As Baron says, it’s been helped by being able to leverage existing merchant relationships that the bank has built over more than 15 years of providing in-store payment solutions. By embedding interest-free payment plans for a period of four months or spread over four-to-48 months for a ‘small fee’ with a fully digitised experience, it has increased those SME customers’ conversion rates and average shopping basket value. It gained a degree of first-mover advantage by introducing zero per cent interest solutions in Bulgaria in 2021, but it also supports the merchants involved with 24/7 automated servicing and immediate payment of 100 per cent of sales proceeds, compared to other providers’ terms of seven days or more.
Alternative payments is now baked into tbi bank’s free mobile current account, neon solution, which also offers savingsrelated services.
“When you look at South Eastern Europe, digital adoption is still not as advanced [as in Northern Europe],” says Baron. “We saw a clear opportunity in being the first ones to bring much of that technology in, to show regulators and consumers that it’s safe, intuitive and user friendly – to educate the market.” tbi bank is not alone in eyeing consumer spending as a space in which to diversify and monetise payments, but the players getting all the attention tend to be young fintechs, retailers and big tech.
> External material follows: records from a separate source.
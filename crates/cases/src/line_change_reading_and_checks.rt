//! Changes of lines: those that calls are, and whether they bring lines.

ghost use Rattle.std.specs.Prelude.{◌≡◌, ◌≤◌, true, IfSome};
ghost use Rattle.std.specs.List.{AllByRecursion};
ghost use Rattle.sudoers_text.specs.Ended.{ends_in_lf};
ghost use Rattle.sudoers_text.specs.Whole.{IsLogicalLine};
ghost use Rattle.sudoers_tree.specs.Changed.{texts_of_changes, min_line_number_after_change, line_number_of_change, text_of_change};

use crate::case_frames::{CaseCall, split_eight_byte_number, split_first_call};
use std::alloc::{AllocError, Global};
use sudoers_text::{ends_in_lf, is_logical_line};
use sudoers_tree::{Items, LineChange};

/// Returns the first place that a change after `change` may have. `None` if its own is below `from`, or none of so many lines.
pub fn check_change_and_find_least_place_for_next(
    change: &LineChange,
    from: usize,
    count: usize,
) -> Option<usize>
    ensures { IfSome result (λ place. (from ≤ line_number_of_change change.now) × (place ≡ min_line_number_after_change change.now)) }
{
    match change {
        LineChange::Put { at, .. } if from <= *at => Some(*at),
        LineChange::Swap { at, .. } | LineChange::Take { at, .. } if from <= *at && *at < count => {
            Some(*at + 1)
        }
        _ => None,
    }
}

/// Returns whether each text that `changes` bring is a line that ends in LF.
pub fn are_all_texts_of_changes_ended_lines(changes: &[LineChange]) -> bool
    ensures lines { result ≡ true → AllByRecursion IsLogicalLine (texts_of_changes changes.now) }
    ensures ended { result ≡ true → AllByRecursion (λ line. ends_in_lf line ≡ true) (texts_of_changes changes.now) }
{
    for change in changes {
        if !is_text_of_change_ended_line(change) {
            return false;
        }
    }
    true
}

/// Returns whether the text that `change` brings, if it brings one, is a line that ends in LF.
#[tactic(auto, using(crate::proofs::WholeLines::logical_line_test_implies_logical_line))]
fn is_text_of_change_ended_line(change: &LineChange) -> bool
    ensures { result ≡ true → IfSome (text_of_change change.now) (λ text. IsLogicalLine text × (ends_in_lf text ≡ true)) }
{
    match change {
        LineChange::Put { text, .. } | LineChange::Swap { text, .. } => {
            is_logical_line(text.as_slice()) && ends_in_lf(text.as_slice())
        }
        LineChange::Take { .. } => true,
    }
}

/// Returns the changes that calls are: `p` puts a line, `s` replaces one, and another takes one out. The body is the number of the file,
/// the place and the line.
///
/// # Errors
///
/// Memory ran out.
pub fn line_changes_of_calls(alloc: Global, calls: &[u8]) -> Result<Vec<LineChange>, AllocError> {
    let mut changes = Vec::new(alloc);
    let mut left = calls;
    for _ in 0..calls.len() {
        let Some((call, rest)) = split_first_call(left) else {
            break;
        };
        changes.push(line_change_of_call(alloc, call)?)?;
        left = rest;
    }
    Ok(changes)
}

/// Returns the change that `call` is.
fn line_change_of_call(alloc: Global, call: CaseCall<'_>) -> Result<LineChange, AllocError> {
    let (file, rest) = split_eight_byte_number(call.body);
    let (number, line) = split_eight_byte_number(rest);
    let (file, at) = (file as usize, number as usize);
    let text = Items::from_slice(alloc, line)?;
    Ok(match call.asked {
        b'p' => LineChange::Put { file, at, text },
        b's' => LineChange::Swap { file, at, text },
        _ => LineChange::Take { file, at },
    })
}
Amazon is dabbling with BNPL, while Apple is rumoured to be a bout to follow suit.
Market-leading Klarna boss Alex March believes banks’ omnipotence will be replaced by ‘smarter paytechs’ like his, already a licensed bank in its Swedish home market and in Germany. which will evolve to become banks by leveraging the close relationships they have developed with consumers through embedded services.
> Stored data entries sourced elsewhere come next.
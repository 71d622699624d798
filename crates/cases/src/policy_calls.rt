//! Calls of a policy of one file or of several.

use crate::allowed_line_changes::{
    change_lines_if_allowed, insert_line_if_allowed, replace_line_if_allowed,
    take_out_line_if_allowed,
};
use crate::answer_output::push_debug_format;
use crate::case_frames::{CaseCall, split_eight_byte_number, split_first_call};
use crate::conversion_calls::push_conversion_answer;
use crate::line_change_reading_and_checks::line_changes_of_calls;
use crate::loading_calls::{
    LoadedPolicyTopic, push_policy_files, push_topic_answer, push_walk_of_policy,
    report_topic_of_strictness_bytes,
};
use std::alloc::{AllocError, Global};
use sudoers_match_list::has_reachable_cycle_in_policy;
use sudoers_tree::{DefinitionFilePlace, Kind, Policy, append_texts_of_rows, lf_count};

/// Adds the answer to a call of `policy`.
pub fn push_answer_of_policy_call(
    alloc: Global,
    policy: &mut Policy,
    call: CaseCall<'_>,
    answers: &mut String,
) -> Result<(), AllocError> {
    let (file, at, line) = split_file_and_line_numbers(call.body);
    let changed = match call.asked {
        // A file, a place and a line, where that is one.
        b'w' => insert_line_if_allowed(policy, file, at, line)?,
        b'o' => take_out_line_if_allowed(policy, file, at)?,
        b'i' => replace_line_if_allowed(policy, file, at, line)?,
        // Changes of lines, each a call.
        b'c' => change_lines_if_allowed(
            policy,
            line_changes_of_calls(alloc, call.body)?.as_slice(),
        ),
        _ => return push_answer_of_read_only_policy_call(policy, call, answers),
    };
    push_debug_format(&changed, answers)
}

/// Adds the answer to a call that changes nothing.
pub fn push_answer_of_read_only_policy_call(
    policy: &Policy,
    call: CaseCall<'_>,
    answers: &mut String,
) -> Result<(), AllocError> {
    let (file, number, _) = split_file_and_line_numbers(call.body);
    match call.asked {
        b'r' => answers.push_str("read"),
        b'f' => push_walk_of_policy(policy, answers),
        b'n' => push_policy_files(policy, answers),
        b'N' => push_file_names_and_texts(policy, answers),
        // The number of a file, which is the first without one: its text, how many lines it has, its lines, and where these begin.
        b't' => push_debug_format(&policy.text(file)?, answers),
        b'L' => push_debug_format(&policy.len(file), answers),
        b'a' => push_file_lines(policy, file, answers),
        b'b' => push_physical_line_numbers(policy, file, answers),
        // The number of a file, and that of a line there.
        b'l' => push_text_kind_and_node_of_line(policy, file, number, answers),
        // A kind of alias and a name.
        b'd' => push_place_members_and_line_of_alias(policy, call.body, answers),
        b'm' => push_alias_mentions(policy, call.body, answers),
        // Bytes, and then the lines of the walk.
        b'A' => push_debug_format(&join_front_and_walk_text(policy, call.body)?, answers),
        // Whether an alias is cyclic to which a user specification or a Defaults line leads.
        b'C' => push_debug_format(
            &has_reachable_cycle_in_policy(policy.allocator(), policy)?,
            answers,
        ),
        _ => push_report_answer(policy, call, answers),
    }
}

/// Adds what is reported of `policy`, or what comes of its conversion.
fn push_report_answer(
    policy: &Policy,
    call: CaseCall<'_>,
    answers: &mut String,
) -> Result<(), AllocError> {
    let topic = match call.asked {
        b'k' => LoadedPolicyTopic::Notes,
        b'u' => LoadedPolicyTopic::Unused,
        // `s` for a strict report.
        b'p' => report_topic_of_strictness_bytes(call.body),
        b'F' => LoadedPolicyTopic::Fine,
        _ => return push_conversion_answer(policy, call, answers),
    };
    push_topic_answer(policy.allocator(), policy, topic, answers)
}

/// Adds the name of each file and its text, with a tab behind both.
fn push_file_names_and_texts(policy: &Policy, answers: &mut String) -> Result<(), AllocError> {
    let files = policy.copy_named_files()?;
    for file in files.as_slice() {
        push_debug_format(&file.name.as_slice(), answers)?;
        answers.push('\t')?;
        push_debug_format(&file.bytes.as_slice(), answers)?;
        answers.push('\t')?;
    }
    Ok(())
}

/// Adds the lines of a file, with a tab behind each.
fn push_file_lines(policy: &Policy, file: usize, answers: &mut String) -> Result<(), AllocError> {
    for number in 0..policy.len(file) {
        push_text_kind_and_node_of_line(policy, file, number, answers)?;
        answers.push('\t')?;
    }
    Ok(())
}

/// Adds the text of the line of a file, its kind, and what it says.
fn push_text_kind_and_node_of_line(
    policy: &Policy,
    file: usize,
    number: usize,
    answers: &mut String,
) -> Result<(), AllocError> {
    push_debug_format(&policy.line(file, number), answers)?;
    answers.push('\t')?;
    push_debug_format(&policy.line_kind(file, number), answers)?;
    answers.push('\t')?;
    push_debug_format(&policy.node(file, number), answers)
}

/// Adds the physical lines on which the lines of a file begin, with a space behind each.
fn push_physical_line_numbers(
    policy: &Policy,
    file: usize,
    answers: &mut String,
) -> Result<(), AllocError> {
    let mut row: usize = 1;
    for number in 0..policy.len(file) {
        write!(answers, "{row} ")?;
        if let Some(line) = policy.line(file, number) {
            row = row.saturating_add(lf_count(line));
        }
    }
    Ok(())
}

/// Adds where a name is defined, its members, and the text of the line.
fn push_place_members_and_line_of_alias(
    policy: &Policy,
    named: &[u8],
    answers: &mut String,
) -> Result<(), AllocError> {
    let (kind, name) = kind_and_name_of(named);
    let place = policy.definition(kind, name);
    push_debug_format(&place, answers)?;
    answers.push('\t')?;
    push_debug_format(&policy.members(kind, name), answers)?;
    answers.push('\t')?;
    push_debug_format(&definition_line_text_at(policy, place), answers)
}

/// Returns the text of the line of a definition.
fn definition_line_text_at(policy: &Policy, place: Option<DefinitionFilePlace>) -> Option<&[u8]> {
    let place = place?;
    policy.line(place.file, place.line)
}

/// Adds where a name is mentioned.
fn push_alias_mentions(
    policy: &Policy,
    named: &[u8],
    answers: &mut String,
) -> Result<(), AllocError> {
    let (kind, name) = kind_and_name_of(named);
    push_debug_format(&policy.mentions(kind, name)?, answers)
}

/// Returns `front`, and the texts of the lines of the walk after it.
fn join_front_and_walk_text(policy: &Policy, front: &[u8]) -> Result<Vec<u8>, AllocError> {
    let lines = policy.lines();
    let mut text = Vec::from_slice(policy.allocator(), front)?;
    append_texts_of_rows(lines.tables, lines.rows, &mut text)?;
    Ok(text)
}

/// Returns the kind of alias and the name with which `bytes` begin.
fn kind_and_name_of(bytes: &[u8]) -> (Kind, &[u8]) {
    match split_first_call(bytes) {
        Some((named, _)) => (alias_kind_of_byte(named.asked), named.body),
        None => (Kind::User, b""),
    }
}

/// Returns the kind of alias that `byte` names.
fn alias_kind_of_byte(byte: u8) -> Kind {
    match byte {
        b'r' => Kind::Runas,
        b'h' => Kind::Host,
        b'c' => Kind::Cmnd,
        _ => Kind::User,
    }
}

/// Returns the number of a file and that of a line with which `bytes` begin, and what follows them.
fn split_file_and_line_numbers(bytes: &[u8]) -> (usize, usize, &[u8]) {
    let (file, rest) = split_eight_byte_number(bytes);
    let (number, rest) = split_eight_byte_number(rest);
    (file as usize, number as usize, rest)
}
Marsh says Klarna, which chalked up a £1billion loss in 2022 but expects to enter profitability this year, is ‘actively targeting the traditional incumbent banks’, to become ‘one of the five big retail global banks’ in the next five to 10 years.
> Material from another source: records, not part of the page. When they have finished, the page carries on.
//! What a policy answers to a request after edits.

use crate::answer_output::push_deciding_row_or_fault;
use laws_edit::answer_of_editor_policy;
use std::alloc::{AllocError, Global};
use sudoers_edit::{Edit, EditFault, Editor, ScriptFault, read_script};
use sudoers_match::Request;
use sudoers_tree::{LoadFault, Policy};

/// Adds what the policy `text` answers to `request` after the edits of `script`; `no policy` or `no script` if it is none, `refused` if
/// an edit is.
pub fn push_row_of_request_after_script_on_policy_text(
    alloc: Global,
    text: &[u8],
    script: &[u8],
    request: &Request,
    answers: &mut String,
) -> Result<(), AllocError> {
    match Policy::read(alloc, text) {
        Ok(policy) => push_row_of_request_after_script_on_policy(
            alloc, policy, script, request, answers,
        ),
        Err(LoadFault::NoMemory) => Err(AllocError),
        Err(_) => answers.push_str("no policy"),
    }
}

/// Adds what `policy` answers to `request` after the edits of `script`; `no script` if it is none, `refused` if an edit is.
fn push_row_of_request_after_script_on_policy(
    alloc: Global,
    policy: Policy,
    script: &[u8],
    request: &Request,
    answers: &mut String,
) -> Result<(), AllocError> {
    let mut editor = Editor::new(policy);
    match read_script(alloc, script) {
        Ok(edits) => push_row_of_request_after_edits(
            alloc,
            &mut editor,
            edits.as_slice(),
            request,
            answers,
        ),
        Err(ScriptFault::NoMemory) => Err(AllocError),
        Err(_) => answers.push_str("no script"),
    }
}

/// Adds what the editor's policy answers to `request` after `edits`; `refused` if one is refused.
fn push_row_of_request_after_edits(
    alloc: Global,
    editor: &mut Editor,
    edits: &[Edit],
    request: &Request,
    answers: &mut String,
) -> Result<(), AllocError> {
    match editor.apply_all(edits) {
        Ok(()) => push_deciding_row_or_fault(
            answer_of_editor_policy(alloc, editor, request),
            answers,
        ),
        Err((_, EditFault::NoMemory)) => Err(AllocError),
        Err(_) => answers.push_str("refused"),
    }
}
EY’s 2022 report How Can Banks Find A Winning Position In The Buy Now, Pay Later Market? suggested ‘BNPL is now the fastest-growing payment method in many economies’ and that banks who decided to participate in this increasingly tight market, needed to leverage existing strengths if they are to succeed – tbi bank is among only a handful to have done that at any scale.
In a 2021 interview with The Verdict magazine, Marsh indicated that 2023 could be the year it enters UK banking territory to counter the ‘woeful’ service the traditional players offer consumers. It is
“Kaspi Bank, in Kazakhstan, has managed to combine overall e-commerce with payments. Russia’s Tinkoff Bank has also done a great job of it,” says Baron. “[But] I don’t see yet too many great examples… except I think what Klarna is doing is very smart. It’s done shopping very well. It’s not yet done banking very well and this is exactly what we are looking at: how to really grow both sides of that equation in parallel, because if one outweighs the other, you don’t achieve that synergy effect.
“Things will converge, one way or another,” says Baron. “Banking is a financial vein of the economy, fintech is how you do it, how you innovate, design and communicate a product, recognising that, at the end of the day, it’s still a financial services business.”